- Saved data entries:
◇ ◇ ◇ ◇

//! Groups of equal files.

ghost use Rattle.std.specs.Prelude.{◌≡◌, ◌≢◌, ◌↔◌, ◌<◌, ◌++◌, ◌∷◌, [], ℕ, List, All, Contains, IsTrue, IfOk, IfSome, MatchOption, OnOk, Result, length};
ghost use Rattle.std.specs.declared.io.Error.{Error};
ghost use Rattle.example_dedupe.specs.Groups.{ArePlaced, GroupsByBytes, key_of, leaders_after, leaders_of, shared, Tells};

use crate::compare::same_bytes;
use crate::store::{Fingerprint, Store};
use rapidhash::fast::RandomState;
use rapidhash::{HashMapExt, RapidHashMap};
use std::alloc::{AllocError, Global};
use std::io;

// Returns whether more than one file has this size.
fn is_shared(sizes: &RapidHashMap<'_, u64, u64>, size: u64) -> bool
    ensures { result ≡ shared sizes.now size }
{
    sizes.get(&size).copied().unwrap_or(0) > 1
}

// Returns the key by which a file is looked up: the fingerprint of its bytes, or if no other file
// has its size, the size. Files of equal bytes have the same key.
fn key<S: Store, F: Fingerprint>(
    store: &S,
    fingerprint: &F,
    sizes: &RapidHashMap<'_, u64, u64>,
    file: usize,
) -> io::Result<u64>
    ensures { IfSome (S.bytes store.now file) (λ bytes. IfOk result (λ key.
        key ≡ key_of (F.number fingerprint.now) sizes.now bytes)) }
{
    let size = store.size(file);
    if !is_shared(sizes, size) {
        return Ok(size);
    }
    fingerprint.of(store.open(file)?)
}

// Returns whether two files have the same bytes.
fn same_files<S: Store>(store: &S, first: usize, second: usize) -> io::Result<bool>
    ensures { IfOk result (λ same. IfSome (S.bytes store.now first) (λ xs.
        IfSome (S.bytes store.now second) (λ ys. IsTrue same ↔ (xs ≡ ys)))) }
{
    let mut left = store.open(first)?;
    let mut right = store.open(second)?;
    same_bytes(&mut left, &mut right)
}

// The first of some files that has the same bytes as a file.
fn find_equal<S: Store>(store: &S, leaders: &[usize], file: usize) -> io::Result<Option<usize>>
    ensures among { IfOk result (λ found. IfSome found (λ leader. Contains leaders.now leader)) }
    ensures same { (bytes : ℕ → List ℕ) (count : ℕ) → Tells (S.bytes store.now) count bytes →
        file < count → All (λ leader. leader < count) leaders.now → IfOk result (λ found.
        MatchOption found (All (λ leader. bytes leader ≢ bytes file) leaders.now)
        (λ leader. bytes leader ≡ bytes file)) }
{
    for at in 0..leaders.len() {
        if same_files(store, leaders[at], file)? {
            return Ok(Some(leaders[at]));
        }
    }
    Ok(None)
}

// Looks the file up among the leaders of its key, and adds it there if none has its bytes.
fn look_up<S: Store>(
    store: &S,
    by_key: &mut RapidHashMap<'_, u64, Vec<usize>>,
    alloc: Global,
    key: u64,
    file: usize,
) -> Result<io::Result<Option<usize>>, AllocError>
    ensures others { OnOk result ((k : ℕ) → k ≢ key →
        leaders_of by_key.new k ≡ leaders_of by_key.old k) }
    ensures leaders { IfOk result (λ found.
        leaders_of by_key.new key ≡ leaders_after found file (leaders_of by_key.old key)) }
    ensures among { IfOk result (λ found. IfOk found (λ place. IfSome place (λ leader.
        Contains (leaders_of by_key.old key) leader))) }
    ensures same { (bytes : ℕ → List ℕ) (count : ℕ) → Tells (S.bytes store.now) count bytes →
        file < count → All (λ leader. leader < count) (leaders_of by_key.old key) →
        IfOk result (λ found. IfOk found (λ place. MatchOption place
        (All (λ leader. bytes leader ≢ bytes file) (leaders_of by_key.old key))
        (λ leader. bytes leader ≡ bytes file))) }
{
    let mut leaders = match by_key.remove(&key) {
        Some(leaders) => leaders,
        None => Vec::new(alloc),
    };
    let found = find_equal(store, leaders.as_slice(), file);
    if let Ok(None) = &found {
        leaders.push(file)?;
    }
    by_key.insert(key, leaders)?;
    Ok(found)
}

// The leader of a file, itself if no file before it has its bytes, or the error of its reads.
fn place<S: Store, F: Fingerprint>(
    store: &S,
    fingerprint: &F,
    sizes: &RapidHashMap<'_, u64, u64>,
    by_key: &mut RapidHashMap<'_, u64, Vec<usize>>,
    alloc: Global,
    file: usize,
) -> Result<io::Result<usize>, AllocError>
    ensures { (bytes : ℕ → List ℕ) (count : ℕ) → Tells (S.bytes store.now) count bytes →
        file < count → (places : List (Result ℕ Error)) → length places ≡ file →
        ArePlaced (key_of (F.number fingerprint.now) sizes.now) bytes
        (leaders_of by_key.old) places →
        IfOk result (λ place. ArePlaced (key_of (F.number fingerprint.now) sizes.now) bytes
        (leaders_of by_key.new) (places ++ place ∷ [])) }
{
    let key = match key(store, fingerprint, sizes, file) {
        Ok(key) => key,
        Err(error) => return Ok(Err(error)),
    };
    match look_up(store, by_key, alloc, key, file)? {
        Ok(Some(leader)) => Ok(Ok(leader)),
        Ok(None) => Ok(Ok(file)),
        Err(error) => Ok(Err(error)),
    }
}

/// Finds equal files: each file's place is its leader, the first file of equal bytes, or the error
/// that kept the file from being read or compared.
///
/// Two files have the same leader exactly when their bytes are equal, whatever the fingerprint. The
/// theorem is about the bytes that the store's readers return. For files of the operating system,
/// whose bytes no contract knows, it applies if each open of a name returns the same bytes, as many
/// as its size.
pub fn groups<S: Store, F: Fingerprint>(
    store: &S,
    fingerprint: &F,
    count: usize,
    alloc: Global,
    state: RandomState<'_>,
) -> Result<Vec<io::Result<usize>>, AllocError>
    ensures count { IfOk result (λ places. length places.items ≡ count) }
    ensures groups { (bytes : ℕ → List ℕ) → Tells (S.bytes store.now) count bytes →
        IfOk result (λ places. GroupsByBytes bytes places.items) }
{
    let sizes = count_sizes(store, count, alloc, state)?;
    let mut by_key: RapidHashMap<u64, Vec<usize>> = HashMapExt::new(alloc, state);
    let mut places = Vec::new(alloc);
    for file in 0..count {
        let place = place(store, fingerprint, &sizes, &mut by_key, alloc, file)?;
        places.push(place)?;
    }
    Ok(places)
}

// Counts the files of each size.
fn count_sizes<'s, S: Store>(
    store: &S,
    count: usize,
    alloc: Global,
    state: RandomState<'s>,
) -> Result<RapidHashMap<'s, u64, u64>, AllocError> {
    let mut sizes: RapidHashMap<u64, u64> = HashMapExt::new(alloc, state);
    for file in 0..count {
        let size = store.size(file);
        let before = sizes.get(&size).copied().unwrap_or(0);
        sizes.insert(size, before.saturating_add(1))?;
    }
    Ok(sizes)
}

◇ ◇ ◇ ◇

- Exercise instructions: Taking every line of the records above into account, tally those that contain "whether" and give only the total.

- Solution below: 2